___ Data in this exercise

//! The session of a multiuser terminal multiplexer, and the simulator, which plays scripts of events
//! over a session, after the setup file of its owner.
#![tactic(auto)]

mod fields;
mod player;
mod printing;
mod script;
mod setup_file;
mod simulator;
mod words;

pub use printing::{print_effect, print_reply};
pub use script::{read_event, reads_printed};
pub use session_core::{NewSession, Notes, Session};
pub use session_model::{
    Bytes, Denied, Done, Effect, EntryDenied, Event, LockDenied, Peer, Ran, Reason, Refusal, Reply,
    Verdict, WindowsFault, push_decimal,
};
pub use setup_file::{Beginning, SetupUnread, setup_of, spoken};
pub use simulator::{SimulatorArgs, simulate, simulate_behind};
pub use words::{beginning_of, path_of};
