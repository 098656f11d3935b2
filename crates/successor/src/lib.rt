// The registers of the next address.
#![tactic(auto)]

ghost use Rattle.std.specs.Prelude.{◌≡◌};
ghost use Rattle.address.specs.Registers.{with_lba};
ghost use Rattle.successor.specs.Successor.{lba_successor, chs_successor, successor_of};

use address::AddressRegisters;
use geometry::Translation;

// The lowest 28 bits of n as LBA; the high nibble of Device/Head stays.
fn with_lba(registers: AddressRegisters, n: u32) -> AddressRegisters
    ensures { result ≡ with_lba registers n }
{
    let [sector, low, high, top] = n.to_le_bytes();
    AddressRegisters {
        sector,
        low,
        high,
        head: registers.head / 16 * 16 + top % 16,
    }
}

#[tactic(auto, unfolding(address::specs::Registers::lba_of, address::specs::Registers::head_of, crate::specs::Successor::lba_successor))]
fn lba_successor(registers: AddressRegisters) -> AddressRegisters
    ensures { result ≡ lba_successor registers }
{
    with_lba(registers, registers.lba() + 1)
}

#[tactic(auto, unfolding(address::specs::Registers::head_of, crate::specs::Successor::chs_successor))]
fn chs_successor(registers: AddressRegisters, t: Translation) -> AddressRegisters
    ensures { result ≡ chs_successor t registers }
{
    if registers.sector < t.sectors {
        return AddressRegisters {
            sector: registers.sector + 1,
            ..registers
        };
    }
    let first = AddressRegisters {
        sector: 1,
        ..registers
    };
    let head = registers.head_number() + 1;
    if head < t.heads {
        return first.with_head(head);
    }
    let cylinder = u32::from(registers.cylinder()) + 1;
    first.with_head(0).with_cylinder(cylinder)
}

// The registers of the next address, good or bad.
#[tactic(auto, unfolding(crate::specs::Successor::successor_of))]
pub fn successor(registers: AddressRegisters, t: Translation) -> AddressRegisters
    ensures { result ≡ successor_of t registers }
{
    if registers.lba_selected() {
        lba_successor(registers)
    } else {
        chs_successor(registers, t)
    }
}
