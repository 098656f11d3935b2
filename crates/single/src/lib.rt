// Any single action over a device as lent bytes, with every refusal.
#![tactic(auto)]

ghost use Rattle.std.specs.Prelude.{ℕ, ◌≡◌, true, false, List, None};
ghost use Rattle.std.proofs.lemmas.List.Edits.{sets};
ghost use Rattle.base.specs.Choice.{within};
ghost use Rattle.face.specs.Reads.{number_of, value_of};
ghost use Rattle.fastpath.specs.Dev.{quick_alone};
ghost use Rattle.device.specs.Alone.{alone_of};
ghost use Rattle.layout.specs.Stored.{hot_stored, device_stored, formed_of};
ghost use Rattle.layout.specs.Bytes.{hot_bytes};
ghost use Rattle.lent.specs.Lent.{host_reply, Admitted, lent_of, lent_step, GivesBack};

use face::{Action, Answer, Hot, Shows};
use layout::State;
use lent::Reply;

// What the fast path settled: only the hot part goes back.
fn settle(state: &mut State, seen: Shows<Hot>) -> Reply
    ensures { (result ≡ host_reply (number_of seen.answer) (value_of seen.answer seen.value)) × (state.new ≡ sets state.old 0 (hot_bytes seen.left)) }
{
    layout::put_hot(state, seen.left);
    lent::answered(
        seen.answer.number(),
        face::value_of(seen.answer, seen.value) as u32,
    )
}

// A word read as a bulk of one: at a block's end it takes no more than the hot part. The reply is the record of C, whose answer is a number.
fn read_one(state: &mut State, buffer: &mut [u8; 512], sectors: &[u8]) -> Reply
    requires { Admitted state.old buffer.old sectors.now }
    ensures { GivesBack (lent_of (alone_of (device_stored state.old buffer.old) sectors.now Action.ReadWord)) result state.new buffer.new sectors.now }
{
    let mut out = [0; 2];
    let reply = bulk::read_admitted(state, buffer, sectors, &mut out);
    if reply.answer == 0 {
        return lent::done(base::pair(out[0], out[1]) as u32);
    }
    reply
}

// A word written as a bulk of one.
fn write_one(state: &mut State, buffer: &mut [u8; 512], w: u16, sectors: &mut [u8]) -> Reply
    requires { Admitted state.old buffer.old sectors.old }
    ensures { GivesBack (lent_of (alone_of (device_stored state.old buffer.old) sectors.old (Action.WriteWord w))) result state.new buffer.new sectors.new }
{
    let bytes = w.to_le_bytes();
    let reply = bulk::write_admitted(state, buffer, sectors, &bytes);
    if reply.answer == 0 {
        return lent::done(0);
    }
    reply
}

// What DEV hides: nothing is changed, and a read gives 00h.
fn hidden() -> Reply
    ensures { result ≡ host_reply 0 0 }
{
    lent::done(0)
}

// A Command over hot and settled part, with the buffer where it is lent.
fn command(state: &mut State, buffer: &mut [u8; 512], code: u8, sectors: &[u8]) -> Reply
    requires { Admitted state.old buffer.old sectors.now }
    ensures { GivesBack (lent_of (alone_of (device_stored state.old buffer.old) sectors.now (Action.WriteRegister 7 code))) result state.new buffer.new sectors.now }
{
    let front = layout::front_at(state);
    if fastpath::ignored(front.hot, Action::WriteRegister(7, code)) {
        return hidden();
    }
    let left = commands::command(front, code, buffer, sectors);
    layout::put_front(state, left);
    lent::done(0)
}

// Device Control, whatever the sectors hold.
fn control(state: &mut State, buffer: &mut [u8; 512], v: u8) -> Reply
    requires { formed_of state.old ≡ true }
    ensures { (m : List ℕ) → GivesBack (lent_of (alone_of (device_stored state.old buffer.old) m (Action.WriteRegister 8 v))) result state.new buffer.new m }
{
    let front = layout::front_at(state);
    let left = resets::control(front, v, buffer);
    layout::put_front(state, left);
    lent::done(0)
}

// Power-on and hardware reset, whatever the sectors hold.
fn power_on(state: &mut State, buffer: &mut [u8; 512]) -> Reply
    requires { formed_of state.old ≡ true }
    ensures { (m : List ℕ) → GivesBack (lent_of (alone_of (device_stored state.old buffer.old) m Action.PowerOn)) result state.new buffer.new m }
{
    let settled = layout::settled_at(state);
    let front = resets::powered_on(settled, buffer);
    layout::put_front(state, front);
    lent::done(0)
}

// A write to a register that the fast path leaves open.
fn write_open(state: &mut State, buffer: &mut [u8; 512], n: u8, v: u8, sectors: &[u8]) -> Reply
    requires { Admitted state.old buffer.old sectors.now × (within 1 6 n ≡ false) }
    ensures { GivesBack (lent_of (alone_of (device_stored state.old buffer.old) sectors.now (Action.WriteRegister n v))) result state.new buffer.new sectors.now }
{
    match n {
        7 => command(state, buffer, v, sectors),
        8 => control(state, buffer, v),
        _ => lent::refused(Answer::NoRegister),
    }
}

// An action that the fast path leaves open. Of reads of registers these are the ones that DEV hides; the line it never leaves open.
fn slow(state: &mut State, buffer: &mut [u8; 512], action: Action, sectors: &mut [u8]) -> Reply
    requires { Admitted state.old buffer.old sectors.old × (quick_alone (hot_stored state.old) buffer.old action ≡ None) }
    ensures { GivesBack (lent_of (alone_of (device_stored state.old buffer.old) sectors.old action)) result state.new buffer.new sectors.new }
{
    match action {
        Action::ReadRegister(_) | Action::Line => hidden(),
        Action::WriteRegister(n, v) => write_open(state, buffer, n, v, sectors),
        Action::ReadWord => read_one(state, buffer, sectors),
        Action::WriteWord(w) => write_one(state, buffer, w, sectors),
        Action::HardwareReset | Action::PowerOn => power_on(state, buffer),
    }
}

// An action on a device in shape over its memory.
fn step(state: &mut State, buffer: &mut [u8; 512], action: Action, sectors: &mut [u8]) -> Reply
    requires { Admitted state.old buffer.old sectors.old }
    ensures { GivesBack (lent_of (alone_of (device_stored state.old buffer.old) sectors.old action)) result state.new buffer.new sectors.new }
{
    let hot = layout::hot_at(state);
    match fastpath::quick(hot, buffer, action) {
        Some(seen) => settle(state, seen),
        None => slow(state, buffer, action, sectors),
    }
}

// Any host action on any lent bytes over any memory.
pub fn host(state: &mut [u8], buffer: &mut [u8; 512], action: Action, sectors: &mut [u8]) -> Reply
    ensures { GivesBack (lent_step state.old buffer.old sectors.old action) result state.new buffer.new sectors.new }
{
    match lent::admission(state, sectors) {
        Answer::Done => step(state.as_mut_array().unwrap(), buffer, action, sectors),
        answer => lent::refused(answer),
    }
}

// The same for an action that the fast path never settles, so that it is not asked. A function over either step would take a
// contract on state, buffer and sectors for a few shared lines.
pub fn rare(state: &mut [u8], buffer: &mut [u8; 512], action: Action, sectors: &mut [u8]) -> Reply
    requires { (h : Hot) → (b : List ℕ) → quick_alone h b action ≡ None }
    ensures { GivesBack (lent_step state.old buffer.old sectors.old action) result state.new buffer.new sectors.new }
{
    match lent::admission(state, sectors) {
        Answer::Done => slow(state.as_mut_array().unwrap(), buffer, action, sectors),
        answer => lent::refused(answer),
    }
}

// A register is written. The fast path settles no Command, so that it is not asked.
pub fn write_register(
    state: &mut [u8],
    buffer: &mut [u8; 512],
    n: u8,
    v: u8,
    sectors: &mut [u8],
) -> Reply
    ensures { GivesBack (lent_step state.old buffer.old sectors.old (Action.WriteRegister n v)) result state.new buffer.new sectors.new }
{
    if n == 7 {
        return rare(state, buffer, Action::WriteRegister(n, v), sectors);
    }
    host(state, buffer, Action::WriteRegister(n, v), sectors)
}
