/// The overlay by a rule of the contours that are arranged, as `overlay_c_polygons` keeps it; where only corners are
/// wanted, without the points at which a contour goes straight on. Returns 0 where it is done, 1 where memory was refused,
/// and 3 where no contours were arranged. The arrangement stays.
#[unsafe(no_mangle)]
pub extern "C" fn overlay_c_arranged_contours(
    alloc: Global,
    handle: &mut Handle,
    rule: u8,
    corners: bool,
) -> u8
    requires { IsSome handle.old.engine }
    ensures full { IsSome handle.new.engine }
    ensures done { result ≡ 0 → Turns handle.old handle.new (KeepsArrangedContoursBy rule corners) }
    ensures arranged { result ≡ 0 → IfSome handle.old.engine HasArrangement }
    ensures none { result ≡ 3 → IfSome handle.old.engine HasNoArrangement }
    ensures codes { result < 4 }
    ensures no_count { result ≢ 2 }
    ensures arrangement { Turns handle.old handle.new SameArrangement }
    ensures contours { Turns handle.old handle.new SameContours }
    ensures rest { Turns handle.old handle.new SameSplit }
{
    let mut engine = take(alloc, handle);
    let outcome = engine.arranged_contours(overlay_rule(rule), corners);
    put(handle, engine);
    status(outcome)
}

/// The overlay by a rule of the contours that are arranged, in shapes, as `overlay_c_shapes` keeps it; where only corners
/// are wanted, without the points at which a contour goes straight on. Returns as `overlay_c_arranged_contours` does. The
/// arrangement stays.
#[unsafe(no_mangle)]
pub extern "C" fn overlay_c_arranged_shapes(
    alloc: Global,
    handle: &mut Handle,
    rule: u8,
    corners: bool,
) -> u8
    requires { IsSome handle.old.engine }
    ensures full { IsSome handle.new.engine }
    ensures done { result ≡ 0 → Turns handle.old handle.new (KeepsArrangedShapesBy rule corners) }
    ensures arranged { result ≡ 0 → IfSome handle.old.engine HasArrangement }
    ensures none { result ≡ 3 → IfSome handle.old.engine HasNoArrangement }
    ensures codes { result < 4 }
    ensures no_count { result ≢ 2 }
    ensures arrangement { Turns handle.old handle.new SameArrangement }
    ensures contours { Turns handle.old handle.new SameContours }
    ensures rest { Turns handle.old handle.new SameSplit }
{
    let mut engine = take(alloc, handle);
    let outcome = engine.arranged_shapes(overlay_rule(rule), corners);
    put(handle, engine);
    status(outcome)
}

/// Where a point lies with respect to the contours of a shape that were added, by the code of a fill rule: 0 for inside,
/// 1 for on the boundary, which is on a step of a contour, 2 for outside, and 4 where the point is out of range.
#[unsafe(no_mangle)]
pub extern "C" fn overlay_c_locate(
    alloc: Global,
    handle: &mut Handle,
    point: &PointRecord,
    shape: u8,
    fill: u8,
) -> u8
    requires { IsSome handle.old.engine }
    ensures same { handle.new.engine ≡ handle.old.engine }
    ensures location { IfSome handle.old.engine (λ engine.
        result ≡ location_code (shape_of shape) (fill_rule_of fill) point.now engine) }
{
    let engine = take(alloc, handle);
    let location = engine.locate(shape_type(shape), fill_rule(fill), point);
    put(handle, engine);
    location
}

______

Of the lines above, output exactly those from the line bearing "let settled = layout::settled_at(state);" through the line bearing "fn write_open(state: &mut", inclusive.

    let settled = layout::settled_at(state);
    let front = resets::powered_on(settled, buffer);
    layout::put_front(state, front);
    lent::done(0)
}

// A write to a register that the fast path leaves open.
fn write_open(state: &mut State, buffer: &mut [u8; 512], n: u8, v: u8, sectors: &[u8]) -> Reply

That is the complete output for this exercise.